Als Lydia, enttäuscht darüber, Emily nicht beim 25-jährigen Schulabschlussjubiläum anzutreffen, diese in ihrem Labor besucht, injiziert sie sich versehentlich mit einem Serum, dass ihr Superkräfte verleiht. Für Emily, die das Serum entwickelt hatte, um sich selbst Kräfte zu verleihen und auf Feldzug gegen die Superschurken gehen zu können, bleiben noch unsichtbar machende Pillen. In ihrem Kampf, der insbesondere dem Oberschurken William 'The King" Stevens (Bobby Cannavale) gilt, der sich unter Geheimhaltung seiner Kräfte gerade anschickt, Bürgermeister zu werden, muss sie sich nun wohl oder übel darauf einlassen, mit der ex-besten Freundin ein Team verteilter Fähigkeiten zu bilden. Der weitere grobe Verlauf der Komödie folgt recht vorhersehbaren Bahnen.

So sehr der Film in seinem Pitch signifikante Abweichungen zu dem, worauf er sich bezieht, skizziert, so wenig mag er damit anzufangen. Aus der Idee, dass Superkräfte zuallererst Soziopathen zukommen, folgt weiter nichts, am ehesten bleibt von den farblosen Antagonist*innen noch Jason Batemans "The Crab" in Erinnerung, dessen recht zweifelhafte Suprigkeit in der Tatsache besteht, halb Mensch, halb Schalentier zu sein. Dass in den Rollen der Heldinnen zwei 50-jährige komödiantische Ausnahmeschauspielerinnen divergenter Physis agieren, hilft wenig, wenn das, was ihnen das Drehbuch an komödiantischem Spielraum zur Verfügung stellt, sich bestenfalls in den Lücken ausbreiten kann, die der Plot lässt. So etwa in einem Moment, in dem Spencer und McCarthy sich vergeblich mühen, halbwegs behende aus den tiefen Schalensitzen ihres lilafarbenen Dienstlamborghinis zu steigen.

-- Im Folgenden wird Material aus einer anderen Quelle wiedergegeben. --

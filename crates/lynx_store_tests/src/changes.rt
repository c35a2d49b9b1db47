//! What changes a store that is there, an upgrade or another set, with a stop at each call, one
//! after another.
use crate::disks::{come_back, connect};
use crate::seeded::paid_disks;
use lynx_fixtures::cells::{Cell, are_cells};
use lynx_fixtures::texts::{PAYMENT, set_of};
use lynx_names::{Memory, ServerId};
use lynx_set::ChainSet;
use lynx_sql::Rising;
use lynx_store::{Inspected, extend_store, inspect, upgrade_store};
use sqlite::{Connection, Files};
use sqlite_disk::Disk;
use std::alloc::Global;
use std::test::Fail;

/// The payment at version 2.
const SECOND: &str =
    "lynx 2\nservers 2\ntable acct\nshard 0 999 0\nshard 1000 18446744073709551615 1\nprogram seed n\nhop 0\nadd acct 0 n\nend\nprogram pay n\nhop 0\nget x acct 0\nneed x >= n\nsub acct 0 n\nhop 1\nadd acct 1000 n\nend\n";

/// The payment, and a program that reads.
const MORE: &str =
    "lynx 1\nservers 2\ntable acct\nshard 0 999 0\nshard 1000 18446744073709551615 1\nprogram seed n\nhop 0\nadd acct 0 n\nend\nprogram pay n\nhop 0\nget x acct 0\nneed x >= n\nsub acct 0 n\nhop 1\nadd acct 1000 n\nend\nprogram read\nhop 1\nget z acct 1000\nend\n";

/// The payment at version 2, with a server and a table more.
const RISEN: &str =
    "lynx 2\nservers 3\ntable acct\nshard 0 999 0\nshard 1000 18446744073709551615 1\ntable note\nshard 0 18446744073709551615 2\nprogram seed n\nhop 0\nadd acct 0 n\nend\nprogram pay n\nhop 0\nget x acct 0\nneed x >= n\nsub acct 0 n\nhop 1\nadd acct 1000 n\nend\n";

/// What the payer's store holds after the worked payment.
const PAID: &[Cell] = &[(0, 0, 70)];

/// How a store is changed, and into that of which set.
#[derive(Clone, Copy)]
struct Change {
    name: &'static str,
    is_upgrade: bool,
    text: &'static str,
    /// As many stops are met at least, in the log and in the database.
    least: (u64, u64),
}

const CHANGES: &[Change] = &[
    Change {
        name: "upgrade",
        is_upgrade: true,
        text: SECOND,
        least: (10, 2),
    },
    Change {
        name: "more programs",
        is_upgrade: false,
        text: MORE,
        least: (4, 2),
    },
    Change {
        name: "more servers",
        is_upgrade: false,
        text: RISEN,
        least: (4, 2),
    },
];

/// Changes an open store. How many entries it tells, none where it fails.
fn changed<S: Rising>(
    alloc: Global,
    conn: &mut Connection<S>,
    change: Change,
    set: &ChainSet,
) -> Option<usize> {
    if change.is_upgrade {
        return upgrade_store(alloc, conn).ok();
    }
    let done = extend_store(alloc, conn, ServerId::first(), set).ok()?;
    Some(done.entries)
}

/// Changes the store on these disks: how many entries that told, and the disks.
fn change_on<D: Disk + Drop>(
    alloc: Global,
    disks: Files<D>,
    change: Change,
    set: &ChainSet,
) -> (Option<usize>, Files<D>) {
    match connect(alloc, disks) {
        Ok(mut conn) => {
            let told = changed(alloc, &mut conn, change, set);
            (told, conn.into_store().close())
        }
        Err(disks) => (None, disks),
    }
}

/// Whether a store holds what the payer's does, and is that of one of these sets.
fn is_of(alloc: Global, held: &Inspected, sets: &[&ChainSet]) -> Result<bool, Memory> {
    let cells = held.loaded.cells.list(alloc)?;
    Ok(
        held.loaded.entries.len() == 2
            && are_cells(cells.as_slice(), PAID)
            && sets.iter().any(|set| held.set.is_same(set)),
    )
}

/// Whether the payer's store on these disks, whole, is that of one of these sets.
fn is_whole<D: Disk + Drop>(
    alloc: Global,
    disks: Files<D>,
    sets: &[&ChainSet],
) -> Result<bool, Memory> {
    let Ok(mut conn) = connect(alloc, disks) else {
        return Ok(false);
    };
    match inspect(alloc, &mut conn) {
        Ok(held) => is_of(alloc, &held, sets),
        Err(_) => Ok(false),
    }
}

/// What comes of a stop at that call: whether the machine did stop, and whether the store is right:
/// changed where that was told, and else as it was or changed.
fn survive(alloc: Global, change: Change, log: u64, db: u64) -> Result<(bool, bool), Memory> {
    let (old, set) = (set_of(alloc, PAYMENT)?, set_of(alloc, change.text)?);
    let (told, left) = change_on(alloc, paid_disks(alloc, log, db)?, change, &set);
    let (has_stopped, left) = come_back(left);
    let stopped = told.is_none() || has_stopped;
    let is_right = match told {
        Some(entries) => entries == 2 && is_whole(alloc, left, &[&set])?,
        None => is_whole(alloc, left, &[&old, &set])?,
    };
    Ok((stopped, is_right))
}

/// How many stops a change meets at the calls of the log, or of the database. None where the store
/// doesn't survive one.
fn stops(alloc: Global, change: Change, of_log: bool) -> Result<Option<u64>, Memory> {
    for calls in 0..1000u64 {
        let (log, db) = if of_log {
            (calls, u64::MAX)
        } else {
            (u64::MAX, calls)
        };
        let (stopped, is_right) = survive(alloc, change, log, db)?;
        if !is_right {
            return Ok(None);
        }
        if !stopped {
            return Ok(Some(calls));
        }
    }
    Ok(None)
}

#[test]
fn each_stop_of_a_change_is_survived(rt: HostRuntime) -> Result<(), Fail> {
    for change in CHANGES {
        for (of_log, least) in [(true, change.least.0), (false, change.least.1)] {
            let stops = stops(rt.alloc(), *change, of_log)?.unwrap_or(0);
            assert!(rt; stops >= least, "{}, {of_log}: {stops} stops", change.name);
        }
    }
    Ok(())
}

Das ist für einmal tatsächlich komisch, aber auch schon alles, was von der an sich recht bestechenden Idee bleibt, in dem Koordinatensystem, das zuweist, welche Körper wozu fähig sind, Unruhe zu stiften.

Abgesehen davon, dass viele der vermeintlichen Späße reichlich blass bleiben, ist das vielleicht das Grundproblem des Films: Anstatt die erhellenden Momente komischer Verschiebung zum Grundprinzip zu machen, wird es zu einer mehr schlecht als recht funktionierenden Beigabe. Die wiederum einen Film zieren soll, der ansonsten allen Konventionen des Genres treu bleibt, dessen Funktionieren er sich zunutze machen möchte. Man mag es verfehlt nennen, "Thunder Force" ein anderes Ziel zu unterstellen als das, das der Film sich nun einmal selbst gesetzt hat; schade bleibt die verpasste Chance allemal. Der Schluss, den der der Film manchmal zu suggerieren scheint, dass das Superheld*innen-Kino eine selbstgenügsame Form erreicht hat, die kein Außen mehr kennt, wäre jedenfalls der falsche.

Sebastian Markt

Thunder Force - USA 2021 - Regie: Ben Falcone - Darsteller: Melissa McCarthy, Octavia Spencer, Jason Bateman, Bobby Cannacale, Pom Klementieff, Melissa Leo - Laufzeit: 106 Minuten. "Thunder Force" auf Netflix.